Back

Building an AI Video Creator: From Idea to Published Video

Nov 2025 — Present·AI Video Creator
Next.jsFastAPIRemotionSupabaseClaudeElevenLabs

An end-to-end platform that automates the journey from a raw idea to a polished, upload-ready YouTube video — including research, scriptwriting, voiceover, visuals, rendering, and publishing metadata. The platform is functional and used daily in production on a live YouTube channel.

The Problem

Creating quality video content is time-intensive. Researching an idea, writing a compelling script, recording voiceover, sourcing or generating visuals, editing everything together, and preparing metadata can take days for a single video. I wanted to see how far AI could compress that workflow while maintaining a professional result.

How It Works

The user provides an idea or a YouTube video URL as a starting point. From there, the system kicks off a fully automated pipeline: it ingests YouTube transcripts to generate content ideas, researches the idea via Perplexity Sonar, runs a multi-pass scriptwriting chain (structure → draft → AI critic → enhanced final script), synthesizes natural voiceover with ElevenLabs and auto-transcribes for timed captions, creates timed image prompts with style adjustments, generates images via Replicate and Google models, renders the video with Remotion, and produces YouTube-ready metadata.

Stack & Architecture

The backend is built with FastAPI (Python), handling orchestration, AI provider calls, and job management. The frontend is a Next.js 16 App Router application with Tailwind CSS, providing a studio-like interface to manage projects and monitor pipeline progress. Remotion handles programmatic video composition in React — rendering locally during development or scaling to Cloud Run workers in production. Supabase serves as the database, file storage, and authentication layer with full RLS policies and cookie-based auth.

Multi-Model AI

The system uses Claude, GPT, Gemini, Replicate, and ElevenLabs — picking the best model for each step of the pipeline. Perplexity Sonar handles deep research with facts, stats, and context. The scriptwriting chain runs through multiple passes for quality. Prompt templates are customizable per project, allowing different AI behaviour for different channels, audiences, and styles.

Pipeline & Job System

Every long-running step is tracked as a background job with real-time progress, logs, and cancellation support. If a step fails, it can be retried without re-running the entire pipeline. Supabase stores projects, transcripts, prompts, generated images, renders, and detailed job logs. Project names are normalized to avoid duplicates, and logs are trimmed for readability.

Rendering

The backend invokes Remotion with a temporary props file containing the script, audio, images, and timing data. Rendering can run locally during development or on Cloud Run workers for production scale. The rendered video is uploaded to Supabase storage and recorded for reuse. Multiple render configurations (resolution, aspect ratio, style) are supported.

Security & Privacy

The platform is built as a cloud service with subscription-based access. Supabase-backed with full Row Level Security policies and cookie-based authentication ensures each user's data is isolated and secure. No third-party analytics, no data sharing.

Frontend & UX

The frontend provides a project dashboard where each pipeline step is visible with its status, timestamps, and output. Job polling only runs when the browser tab is visible to avoid unnecessary API calls. Users can preview scripts, listen to voiceover, view generated images, and watch rendered videos — all within the app.

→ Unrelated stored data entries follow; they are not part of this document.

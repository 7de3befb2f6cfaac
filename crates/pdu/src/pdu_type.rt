//! The types of PDUs: the first byte of each (PS3.8 sections 9.3.2 to 9.3.8).

/// A-ASSOCIATE-RQ.
pub const A_ASSOCIATE_RQ: u8 = 0x01;

/// A-ASSOCIATE-AC.
pub const A_ASSOCIATE_AC: u8 = 0x02;

/// A-ASSOCIATE-RJ.
pub const A_ASSOCIATE_RJ: u8 = 0x03;

/// P-DATA-TF.
pub const P_DATA_TF: u8 = 0x04;

/// A-RELEASE-RQ.
pub const A_RELEASE_RQ: u8 = 0x05;

/// A-RELEASE-RP.
pub const A_RELEASE_RP: u8 = 0x06;

/// A-ABORT.
pub const A_ABORT: u8 = 0x07;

Challenges & Lessons Learned

Orchestrating multiple AI services taught me a lot about handling latency, token limits, rate limiting, and graceful degradation. Caching and reuse were essential — regenerating images or voiceover for every tweak would be prohibitively slow and expensive. Building a durable job system with clear observability was the backbone that made the whole pipeline reliable.

Current Status

The platform is functional and used daily on a live YouTube channel. Multi-language support, audience analysis, style consistency controls, and a public SaaS launch are on the roadmap.